## What the exercise asks
Restate verbatim the span of lines below between the line with "self.put(&[b'0' + x as u8]);" and the line with "c.t as u64);", including those two lines, and only that span.

[Collection entries]

// The program's text: from the bytes of a bids file to the lines of document 01. It goes to a lent buffer, each part behind the last.
#![tactic(auto)]

ghost use Rattle.std.specs.Prelude.{◌≡◌, ℕ, suc, ◌+◌, ◌^◌, ◌<◌, ◌≤◌, length, get_or};
ghost use Rattle.itemset.specs.Words.{sets_of};
ghost use Rattle.query.specs.Questions.{family_at, nth, cost};
ghost use Rattle.printout.specs.Text.{decimal_in, decimal, field, head, packages_text, timetable_line, refused_line};
ghost use Rattle.printout.specs.Written.{Puts, Adds, Whole};
ghost use Rattle.printout.specs.Weeks.{problem};
ghost use Rattle.statement.specs.Replies.{gives, cheapest_reply};
ghost use Rattle.printout.specs.Program.{timetable_lines, last_line, sheet, answer_text, solved, printed, Askable, Listable};

use itemset::Items;
use statement::{Priced, Refusal};

// Text at the start of a lent buffer, in its first `len` bytes. What no longer fits is left out.
#[derive(Drop)]
struct Writer<'a> {
    buffer: &'a mut [u8],
    len: usize,
}

impl<'a> Writer<'a> {
    fn put(&mut self, part: &[u8])
        ensures { Adds self.old self.new part.now }
    {
        let room = self.buffer.len().saturating_sub(self.len);
        if room == 0 {
            return;
        }
        let n = part.len().min(room);
        let end = self.len + n;
        self.buffer[self.len..end].copy_from_slice(&part[..n]);
        self.len = end;
    }

    // The digits of x, first those of x / 10.
    fn put_digits(&mut self, x: u64)
        ensures { (d : ℕ) → x < 10 ^ suc d → Adds self.old self.new (decimal_in (suc d) x) }
    {
        if x < 10 {
            self.put(&[b'0' + x as u8]);
            return;
        }
        self.put_digits(x / 10);
        self.put(&[b'0' + (x % 10) as u8]);
    }

    fn put_decimal(&mut self, x: u64)
        ensures { Adds self.old self.new (decimal x) }
    {
        self.put_digits(x);
    }

    fn put_field(&mut self, word: &[u8], x: u64)
        ensures { Adds self.old self.new (field word.now x) }
    {
        self.put(word);
        self.put_decimal(x);
    }

    fn put_head(&mut self, c: Compiled, n: u64, count: u64)
        ensures { Adds self.old self.new (head c.s c.t n c.made c.steps count) }
    {
        self.put_field(b"slots ", c.t as u64);
        self.put_field(b" schools ", c.s as u64);
        self.put_field(b" packages ", n);
        self.put_field(b"\nnodes ", c.made as u64);
        self.put_field(b" steps ", c.steps as u64);
        self.put_field(b"\ntimetables ", count);
        self.put(b"\n");
    }

    fn put_packages(&mut self, list: &[u16])
        ensures { Adds self.old self.new (packages_text list.now) }
    {
        for p in list {
            self.put_field(b" ", *p as u64);
        }
    }

    fn put_timetable(&mut self, k: u64, list: &[u16], costs: &[u16])
        requires { length list.now ≤ 64 }
        ensures { Adds self.old self.new (timetable_line costs.now k list.now) }
    {
        let cost = cost_of(costs, list);
        self.put_decimal(k);
        self.put_field(b" cost ", cost);
        self.put(b":");
        self.put_packages(list);
        self.put(b"\n");
    }

    fn put_refused(&mut self, number: u8)
        ensures { Adds self.old self.new (refused_line number) }
    {
        self.put_field(b"refused ", number as u64);
        self.put(b"\n");
    }
}

pub fn put_refused(out: &mut [u8], at: usize, number: u8) -> usize
    ensures { Puts out.old at out.new result (refused_line number) }
{
    let mut writer = Writer {
        buffer: out,
        len: at,
    };
    writer.put_refused(number);
    writer.len
}

// The cost of package p, 0 where there is none.
fn price(costs: &[u16], p: u16) -> u64
    ensures { (result ≡ get_or costs.now p 0) × (result < 65536) }
{
    costs.get(p as usize).map_or(0, |x| *x as u64)
}

fn cost_of(costs: &[u16], list: &[u16]) -> u64
    requires { length list.now ≤ 64 }
    ensures { result ≡ cost costs.now list.now }
{
    let mut sum: u64 = 0;
    for p in list {
        sum += price(costs, *p);
    }
    sum
}

// How many packages cheapest wrote; 0 for a refusal, which the caller rules out.
fn priced(p: Result<Priced, Refusal>) -> usize
    ensures { (n x : ℕ) → cheapest_reply p ≡ gives (n, x) → result ≡ n }
{
    p.map_or(0, |x| x.packages)
}

// What the engine is asked about: a week's packages, and what they cost.
#[derive(Clone, Copy)]
struct Week<'a> {
    m: u32,
    packages: &'a [u64],
    optional: Items,
    order: &'a [u8],
    costs: &'a [u16],
}

// The line of the k-th timetable of the answer a. Pick refuses nothing here.
fn put_nth(week: &Week, t: &[u32], a: u32, k: u64, work: &mut [u64], out: &mut Writer)
    requires listable { Listable (problem week.now) week.now.m t.now a (length work.old) }
    requires k_in_bounds { k < length (family_at t.now a) }
    ensures { Adds out.old out.new (timetable_line week.now.costs.now k (nth (family_at t.now a) k)) }
{
    let mut page = [0u16; 64];
    let picked = engine::pick(
        week.m,
        week.packages,
        week.optional,
        week.order,
        t,
        a,
        k,
        work,
        &mut page,
    );
    let n = picked.unwrap_or(0);
    out.put_timetable(k, &page[..n], week.costs);
}

// The lines of the first n timetables.
fn put_timetables(week: &Week, t: &[u32], a: u32, n: u64, work: &mut [u64], out: &mut Writer)
    requires listable { Listable (problem week.now) week.now.m t.now a (length work.old) }
    requires n_in_bounds { n ≤ length (family_at t.now a) }
    ensures { Adds out.old out.new (timetable_lines week.now.costs.now (family_at t.now a) n) }
{
    for k in 0..n {
        put_nth(week, t, a, k, work, out);
    }
}

// The last line, of an answer that holds count timetables.
fn put_last(week: &Week, t: &[u32], a: u32, count: u64, work: &mut [u64], out: &mut Writer)
    requires listable { Listable (problem week.now) week.now.m t.now a (length work.old) }
    requires costs_len { length week.now.costs.now ≡ length (sets_of week.now.packages.now) }
    requires count_value { count ≡ length (family_at t.now a) }
    ensures { Adds out.old out.new (last_line week.now.costs.now (family_at t.now a)) }
{
    if count == 0 {
        out.put(b"cheapest none\n");
        return;
    }
    let mut page = [0u16; 64];
    let p = engine::cheapest(
        week.m,
        week.packages,
        week.optional,
        week.order,
        week.costs,
        t,
        a,
        work,
        &mut page,
    );
    let n = priced(p);
    let placed = engine::place(
        week.m,
        week.packages,
        week.optional,
        week.order,
        t,
        a,
        &page[..n],
        work,
    );
    let k = placed.unwrap_or(0);
    out.put_field(b"cheapest ", k);
    out.put(b"\n");
}

// What was compiled: s schools and t slots, the answer's number, and the report's counts.
#[derive(Clone, Copy)]
struct Compiled {
    s: u32,
    t: u32,
    answer: u32,
    made: u32,
    steps: u32,
}

// The lines of an answer that holds count timetables.
fn put_sheet(
    c: Compiled,
    week: &Week,
    table: &[u32],
    count: u64,
    work: &mut [u64],
    out: &mut Writer,
)
    requires listable { Listable (problem week.now) week.now.m table.now c.answer (length work.old) }
    requires costs_len { length week.now.costs.now ≡ length (sets_of week.now.packages.now) }
    requires count_value { count ≡ length (family_at table.now c.answer) }
    ensures { Adds out.old out.new (sheet c.s c.t (length (sets_of week.now.packages.now)) week.now.costs.now
        (family_at table.now c.answer) c.made c.steps) }
{
    let n = exact_cover::number(week.packages) as u64;
    out.put_head(c, n, count);
    put_timetables(week, table, c.answer, count.min(10), work, out);
    put_last(week, table, c.answer, count, work, out);
}

// The text of cover's answer.
fn put_answer(c: Compiled, week: &Week, table: &[u32], work: &mut [u64], out: &mut Writer)
    requires askable { Askable (problem week.now) week.now.m table.now c.answer (length work.old) }
    requires costs_len { length week.now.costs.now ≡ length (sets_of week.now.packages.now) }
    ensures { Adds out.old out.new (answer_text c.s c.t (length (sets_of week.now.packages.now)) week.now.costs.now
        (family_at table.now c.answer) c.made c.steps) }
{
    let counted = engine::count(
        week.m,
        week.packages,
        week.optional,
        week.order,
        table,
        c.answer,
        work,
    );
    match counted {
        Err(refusal) => out.put_refused(refusal.number()),
        Ok(count) => put_sheet(c, week, table, count, work, out),
    }
}

// The text for s schools and t slots.
fn put_solution(s: u32, t: u32, week: &Week, out: &mut Writer)
    requires costs_len { length week.now.costs.now ≡ length (sets_of week.now.packages.now) }
    requires m_value { week.now.m ≡ s + t }
    requires t_bound { s + t ≤ 64 }
    ensures { Adds out.old out.new (solved s t (problem week.now) week.now.costs.now) }
{
    let mut table = [0u32; 5401];
    let mut work = [0u64; 3604];
    let d = itemset::all_below(week.m);
    let report = engine::cover(
        week.m,
        week.packages,
        week.optional,
        week.order,
        &mut table,
        d,
        1000000,
        &mut work,
    );
    match report.outcome {
        Err(refusal) => out.put_refused(refusal.number()),
        Ok(answer) => {
            let c = Compiled {
                s,
                t,
                answer,
                made: report.made,
                steps: report.steps,
            };
            put_answer(c, week, &table, &mut work, out)
        }
    }
}

// What the program prints for a file, whole, to the start of the buffer, which is long enough for every text (proofs/Room); returns how long it is.
pub fn lines(file: &[u8], out: &mut [u8; 16384]) -> usize
    ensures { Whole 16384 out.new result (printed file.now) }
{
    // Room for 512 packages, three words each.
    let mut packages = [0u64; 1536];
    let mut costs = [0u16; 512];
    let reading = bids::read(file, &mut packages, &mut costs);
    // A file names no order.
    let order = exact_cover::plain_order();
    match reading {
        Err(refusal) => put_refused(out, 0, refusal.number()),
        Ok(read) => {
            let m = read.schools + read.slots;
            let week = Week {
                m,
                packages: &packages[..3 * read.packages],
                optional: read.optional,
                order: &order[..m as usize],
                costs: &costs[..read.packages],
            };
            let mut writer = Writer {
                buffer: out,
                len: 0,
            };
            put_solution(read.schools, read.slots, &week, &mut writer);
            writer.len
        }
    }
}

## Answer area
            self.put(&[b'0' + x as u8]);
            return;
        }
        self.put_digits(x / 10);
        self.put(&[b'0' + (x % 10) as u8]);
    }

    fn put_decimal(&mut self, x: u64)
        ensures { Adds self.old self.new (decimal x) }
    {
        self.put_digits(x);
    }

    fn put_field(&mut self, word: &[u8], x: u64)
        ensures { Adds self.old self.new (field word.now x) }
    {
        self.put(word);
        self.put_decimal(x);
    }

    fn put_head(&mut self, c: Compiled, n: u64, count: u64)
        ensures { Adds self.old self.new (head c.s c.t n c.made c.steps count) }
    {
        self.put_field(b"slots ", c.t as u64);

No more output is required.